Chapter 16 - Proline Protects Plants Against Abiotic Oxidative Stress: Biochemical and Molecular Mechanisms

Abstract

Plants are constantly exposed to various abiotic and biotic stresses in nature. Abiotic stresses such as salinity, drought and extreme temperatures (heat, cold and freezing) are critical factors that reduce crop yields for most major crops worldwide. A widespread phenomena attributed to responses to both abiotic and biotic stresses is the unrestrained accumulation of reactive oxygen species (ROS) in plant cells, which can lead to irreparable metabolic dysfunction and death. To survive under stress conditions, plants have evolved intricate mechanisms to perceive external signals, allowing optimal responses to environmental conditions. Metabolic acclimation via the accumulation of proline is often regarded as a basic strategy for the protection and survival of plants under abiotic stress. Recent proteomic, genomic and metabolomic studies have revealed that proline, produced under stressful conditions, can act as a compatible solute in osmotic adjustment, a free radical scavenger, a metal chelator, an activator of ROS detoxification pathways, a cell redox balancer, a cytosolic pH buffer, a source of energy, a source of nitrogen and carbon, a stabilizer of subcellular structures and membranes including photosystem II, and can act as a signaling molecule.

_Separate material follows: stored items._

//! Headers and the words that they are written as.
ghost use Rattle.std.specs.Prelude.{◌≡◌, ◌+◌, ◌<◌, ◌^◌, IfSome, IfNone, ◌≢◌, Some};
ghost use Rattle.heap_words.specs.Sizes.{size_of};
ghost use Rattle.heap_words.specs.Headers.{header_word, IsHeader, header_of, pointer_of, pointer_word};
ghost use Rattle.heap_words.specs.Contents.{counts_of};
ghost use Rattle.heap_words.specs.declared.header.Header.TheVariants as headers;

use crate::addr::{Addr, Ptr};
use std::marker::Model;

/// A count of words that a header has room for.
#[derive(Clone, Copy, Debug, PartialEq, Eq)]
pub struct Count(u32);

impl Model for Count {
    ghost use Rattle.std.specs.Prelude.{ℕ, ◌<◌, ◌^◌};

    ghost Value = { ℕ };

    ghost view = { λ a. a.0 };

    ghost invariant = { λ a. a.0 < 2 ^ 24 };

    ghost inverse = { λ n. record { 0 = n } };
}

impl Count {
    /// A count below 2^24.
    pub fn new(count: u32) -> Count
        requires { count < 2 ^ 24 }
        ensures { result ≡ count }
    {
        Count(count)
    }

    /// The count as a number.
    pub fn get(self) -> u32
        ensures value { result ≡ self }
        ensures small { result < 2 ^ 24 }
    {
        self.0
    }
}

/// A filler's size in words, which is at least 1.
#[derive(Clone, Copy, Debug, PartialEq, Eq)]
pub struct FillerSize(u32);

impl Model for FillerSize {
    ghost use Rattle.std.specs.Prelude.{ℕ, ◌<◌, ◌^◌};

    ghost Value = { ℕ };

    ghost view = { λ a. a.0 };

    ghost invariant = { λ a. (0 < a.0) × (a.0 < 2 ^ 24) };

    ghost inverse = { λ n. record { 0 = n } };
}

impl FillerSize {
    /// A size below 2^24, of words.
    pub fn new(size: u32) -> FillerSize
        requires positive { 0 < size }
        requires small { size < 2 ^ 24 }
        ensures { result ≡ size }
    {
        FillerSize(size)
    }

    /// The size as a number.
    pub fn get(self) -> u32
        ensures value { result ≡ self }
        ensures positive { 0 < result }
        ensures small { result < 2 ^ 24 }
    {
        self.0
    }
}

/// A count of pairs, each of a key and what it holds: no object has room for more.
#[derive(Clone, Copy, Debug, PartialEq, Eq)]
pub struct PairCount(u32);

impl Model for PairCount {
    ghost use Rattle.std.specs.Prelude.{ℕ, ◌<◌, ◌^◌};

    ghost Value = { ℕ };

    ghost view = { λ a. a.0 };

    ghost invariant = { λ a. a.0 < 2 ^ 23 };

    ghost inverse = { λ n. record { 0 = n } };
}

impl PairCount {
    /// A count below 2^23.
    pub fn new(count: u32) -> PairCount
        requires { count < 2 ^ 23 }
        ensures { result ≡ count }
    {
        PairCount(count)
    }

    /// The count as a number.
    pub fn get(self) -> u32
        ensures value { result ≡ self }
        ensures small { result < 2 ^ 23 }
    {
        self.0
    }

    /// The same count, as one of words.
    pub fn words(self) -> Count
        ensures { result ≡ self }
    {
        Count::new(self.0)
    }
}

/// How many pointers, weak slots and data words the header of an object without pairs tells.
#[derive(Clone, Copy, Debug, PartialEq, Eq)]
pub struct HeaderCounts {
    /// How many pointers.
    pub pointers: Count,
    /// How many weak slots.
    pub weaks: u8,
    /// How many data words.
    pub values: Count,
}

/// How many pointers, pairs and data words the header of an object of pairs tells.
#[derive(Clone, Copy, Debug, PartialEq, Eq)]
pub struct PairCounts {
    /// How many pointers.
    pub pointers: u8,
    /// How many pairs.
    pub pairs: PairCount,
    /// How many data words.
    pub values: Count,
}

/// How many pointers, weak slots, held slots and data words an object has. One of n pairs has n weak slots, its keys, and n held slots; any
/// other has no held slots.
#[derive(Clone, Copy, Debug, PartialEq, Eq)]
pub struct ObjectCounts {
    /// How many pointers.
    pub pointers: Count,
    /// How many weak slots.
    pub weaks: Count,
    /// How many held slots.
    pub held: Count,
    /// How many data words.
    pub values: Count,
}

/// How many words an object of so many pointers, weak slots and data words has, with its header and its name.
#[inline(always)]
pub fn object_size(pointers: u32, weaks: u8, values: u32) -> u64
    ensures { result ≡ size_of pointers weaks values }
{
    2 + u64::from(pointers) + u64::from(weaks) + u64::from(values)
}

impl HeaderCounts {
    /// How many words such an object has.
    #[inline(always)]
    pub fn size(&self) -> u32
        ensures { result ≡ size_of self.now.pointers self.now.weaks self.now.values }
    {
        object_size(self.pointers.get(), self.weaks, self.values.get()) as u32
    }

    /// The same counts, with those of held slots, of which there are none.
    pub fn counts(&self) -> ObjectCounts
        ensures { Some result ≡ counts_of (Some (headers.Object self.now.pointers self.now.weaks self.now.values)) }
    {
        ObjectCounts {
            pointers: self.pointers,
            weaks: Count::new(u32::from(self.weaks)),
            held: Count::new(0),
            values: self.values,
        }
    }
}

impl PairCounts {
    /// How many words such an object has.
    #[inline(always)]
    pub fn size(&self) -> u32
        ensures { result ≡ size_of self.now.pointers (self.now.pairs + self.now.pairs) self.now.values }
    {
        2 + u32::from(self.pointers) + 2 * self.pairs.get() + self.values.get()
    }

    /// The same counts, by what a pair is: a weak slot and a held slot.
    pub fn counts(&self) -> ObjectCounts
        ensures { Some result ≡ counts_of (Some (headers.Pairs self.now.pointers self.now.pairs self.now.values)) }
    {
        ObjectCounts {
            pointers: Count::new(u32::from(self.pointers)),
            weaks: self.pairs.words(),
            held: self.pairs.words(),
            values: self.values,
        }
    }
}

impl ObjectCounts {
    /// How many words such an object has.
    pub fn size(&self) -> u32
        ensures { result ≡ size_of self.now.pointers (self.now.weaks + self.now.held) self.now.values }
    {
        2 + self.pointers.get() + (self.weaks.get() + self.held.get()) + self.values.get()
    }
}

/// The header of a tile, told apart by its two lowest bits.
#[derive(Clone, Copy, Debug, PartialEq, Eq)]
pub enum Header {
    /// 0: the count of pointers in bits 8 to 31, of data words in bits 32 to 55, of weak slots in bits 56 to 63.
    Object {
        pointers: Count,
        weaks: u8,
        data: Count,
    },
    /// 3, and bit 7: an object of pairs, with the count of keys and held slots in bits 8 to 31, which is twice that of pairs, of data words
    /// in bits 32 to 55, of pointers in bits 56 to 63. So the fields and the words of both kinds of objects are counted alike. Bit 7 is the
    /// highest one once bits 8 to 31 are the lowest: one comparison can tell whether there is a pointer, and of which kind the object is.
    Pairs {
        pointers: u8,
        pairs: PairCount,
        data: Count,
    },
    /// 1: the filler's size in bits 8 to 31.
    Filler {
        size: FillerSize,
    },
    /// 2: the new address in bits 8 to 39.
    Forwarded {
        to: Addr,
    },
}

/// The word of a header.
#[inline(always)]
#[tactic(auto, unfolding(crate::specs::Headers::header_of))]
pub fn encode_header(header: Header) -> u64
    ensures word { result ≡ header_word header }
    ensures back { header_of result ≡ Some header }
    ensures fits { IsHeader header }
{
    match header {
        Header::Object {
            pointers,
            weaks,
            data,
        } => {
            (u64::from(pointers.get()) << 8)
                | (u64::from(data.get()) << 32)
                | (u64::from(weaks) << 56)
        }
        Header::Pairs {
            pointers,
            pairs,
            data,
        } => {
            let counts = (u64::from(pairs.get()) << 9)
                | (u64::from(data.get()) << 32)
                | (u64::from(pointers) << 56);
            counts + 0x83
        }
        Header::Filler { size } => (u64::from(size.get()) << 8) | 1,
        Header::Forwarded { to } => (u64::from(to.word()) << 8) | 2,
    }
}

/// The header that a word is, None if it is ill-formed.
#[tactic(auto, unfolding(crate::specs::Headers::header_of))]
pub fn decode_header(word: u64) -> Option<Header>
    ensures value { result ≡ header_of word }
    ensures some { IfSome result (λ h. (header_word h ≡ word) × IsHeader h) }
    ensures none { IfNone result ((h : Header) → IsHeader h → header_word h ≢ word) }
{
    let low = word & 0xff;
    let rest = word >> 8;
    if low == 0 {
        Some(Header::Object {
            pointers: Count::new((rest & 0xff_ffff) as u32),
            weaks: (rest >> 48) as u8,
            data: Count::new(((rest >> 24) & 0xff_ffff) as u32),
        })
    } else if low == 1 && 0 < rest && rest < 1 << 24 {
        Some(Header::Filler {
            size: FillerSize::new(rest as u32),
        })
    } else if low == 2 && rest < 1 << 32 {
        Some(Header::Forwarded {
            to: Addr::new(rest as u32),
        })
    } else if word & 0x1ff == 0x83 {
        Some(Header::Pairs {
            pointers: (rest >> 48) as u8,
            pairs: PairCount::new(((rest >> 1) & 0x7f_ffff) as u32),
            data: Count::new(((rest >> 24) & 0xff_ffff) as u32),
        })
    } else {
        None
    }
}

/// The target that a pointer word names, unless it is nil.
pub fn decode_pointer(word: u64) -> Ptr
    ensures { result ≡ pointer_of word }
{
    if word == 0 {
        None
    } else {
        Some(Addr::new(((word - 1) & 0xffff_ffff) as u32))
    }
}

/// The word of a pointer.
pub fn encode_pointer(target: Ptr) -> u64
    ensures word { result ≡ pointer_word target }
    ensures back { pointer_of result ≡ target }
{
    match target {
        None => 0,
        Some(to) => u64::from(to.word()) + 1,
    }
}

Moreover, the accumulation of proline – either naturally, generated by the expression of transgenes, or by exogenous application – can induce the expression of stress-responsive genes, including those encoding enzymes that scavenge ROS. In this chapter we will discuss and summarize the current understanding of ROS formation, proline biosynthesis and its accumulation in plants under various abiotic stresses. New insights gained about the molecular mechanisms of proline mediated oxidative stress tolerance will also be discussed.